From the entries below, return every line that includes the word "ghost".

MATERIAL PROVIDED section start

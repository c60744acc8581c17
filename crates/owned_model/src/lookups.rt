use crate::valid_model::Model;
use metadata_source::{KeysOf, MemberList, members_of};
use reading::KeyRows;
use std::ops::Range;
use table_schema::{TableId, Token};

impl Model {
    ghost use Rattle.std.specs.Prelude.{◌≤◌, ◌+◌, ◌*◌, ◌≡◌, ◌↔◌, ℕ, IsSome, IfSome, IfNone};
    ghost use Rattle.std.specs.List.{Contains};
    ghost use Rattle.std.specs.List.Sorted.{IsStrictlyIncreasing};
    ghost use Rattle.rows.specs.Keys.{binary_digits};
    ghost use Rattle.table_schema.specs.declared.table.TableId.TheVariants.{TypeDef, MethodDef, Field, Param, EventMap, Event, PropertyMap, Property};
    ghost use Rattle.table_schema.specs.Columns.{key_of};
    ghost use Rattle.metadata.specs.Metadata.{count_in};
    ghost use Rattle.metadata.specs.Lookups.{IsRun, IsFirstType, HasRow, HasNames, HasKey};
    ghost use Rattle.metadata.specs.KeyOrder.{IsKeyOrdered};

    /// The fields of a type, as rows of Field (II.22.37), in constant time.
    pub fn fields_of(&self, row: u32) -> Range<u32>
        requires first { 1 ≤ row }
        requires last { row ≤ count_in self.now TypeDef }
        ensures { IsRun self.now TypeDef 4 Field row result.start result.end }
    {
        members_of(self, MemberList::Fields, row)
    }

    /// The methods of a type, as rows of MethodDef (II.22.37), in constant time.
    pub fn methods_of(&self, row: u32) -> Range<u32>
        requires first { 1 ≤ row }
        requires last { row ≤ count_in self.now TypeDef }
        ensures { IsRun self.now TypeDef 5 MethodDef row result.start result.end }
    {
        members_of(self, MemberList::Methods, row)
    }

    /// The parameters of a method, as rows of Param (II.22.26), in constant time.
    pub fn params_of(&self, row: u32) -> Range<u32>
        requires first { 1 ≤ row }
        requires last { row ≤ count_in self.now MethodDef }
        ensures { IsRun self.now MethodDef 5 Param row result.start result.end }
    {
        members_of(self, MemberList::Params, row)
    }

    /// The events of a row of EventMap, as rows of Event (II.22.12), in constant time.
    pub fn events_of(&self, row: u32) -> Range<u32>
        requires first { 1 ≤ row }
        requires last { row ≤ count_in self.now EventMap }
        ensures { IsRun self.now EventMap 1 Event row result.start result.end }
    {
        members_of(self, MemberList::Events, row)
    }

    /// The properties of a row of PropertyMap, as rows of Property (II.22.35), in constant time.
    pub fn properties_of(&self, row: u32) -> Range<u32>
        requires first { 1 ≤ row }
        requires last { row ≤ count_in self.now PropertyMap }
        ensures { IsRun self.now PropertyMap 1 Property row result.start result.end }
    {
        members_of(self, MemberList::Properties, row)
    }

    /// The first type with a namespace and a name, by its row; `None` if no type has them (II.22.37).
    ///
    /// A type without a namespace has the empty one. The names of each type before it are compared, up to the first
    /// byte that differs.
    pub fn find_type(&self, namespace: &str, name: &str) -> Option<u32>
        ensures sound { IfSome result (IsFirstType self.now namespace.now name.now) }
        ensures none { IfNone result ((row : ℕ) → HasRow self.now TypeDef row → ¬ HasNames self.now namespace.now name.now row) }
    {
        metadata_source::find_type(self, namespace, name)
    }

    /// The rows of a table whose key is a token, in ascending order (II.22).
    ///
    /// If the table is in order, they are found by binary search, and [`KeyRows::reads`] is the number of keys
    /// that were read. Otherwise the iterator looks at each row. A null token has no rows, nor has one that
    /// the key column cannot name.
    pub fn by_key(&self, table: TableId, token: Token) -> KeyRows<KeysOf<'_, Model>>
        requires { IsSome (key_of table) }
        ensures ascending { IsStrictlyIncreasing result.rows }
        ensures rows { (row : ℕ) → Contains result.rows row ↔ (HasRow self.now table row × HasKey self.now table token row) }
        ensures bounded { IsKeyOrdered self.now table → result.reads ≤ 2 * binary_digits (count_in self.now table) + 2 }
        ensures walked { ¬ IsKeyOrdered self.now table → result.reads ≡ 0 }
    {
        metadata_source::rows_by_key(self, table, token)
    }
}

MATERIAL PROVIDED section end

PROBLEM SOLUTION -
    ghost use Rattle.std.specs.Prelude.{◌≤◌, ◌+◌, ◌*◌, ◌≡◌, ◌↔◌, ℕ, IsSome, IfSome, IfNone};
    ghost use Rattle.std.specs.List.{Contains};
    ghost use Rattle.std.specs.List.Sorted.{IsStrictlyIncreasing};
    ghost use Rattle.rows.specs.Keys.{binary_digits};
    ghost use Rattle.table_schema.specs.declared.table.TableId.TheVariants.{TypeDef, MethodDef, Field, Param, EventMap, Event, PropertyMap, Property};
    ghost use Rattle.table_schema.specs.Columns.{key_of};
    ghost use Rattle.metadata.specs.Metadata.{count_in};
    ghost use Rattle.metadata.specs.Lookups.{IsRun, IsFirstType, HasRow, HasNames, HasKey};
    ghost use Rattle.metadata.specs.KeyOrder.{IsKeyOrdered};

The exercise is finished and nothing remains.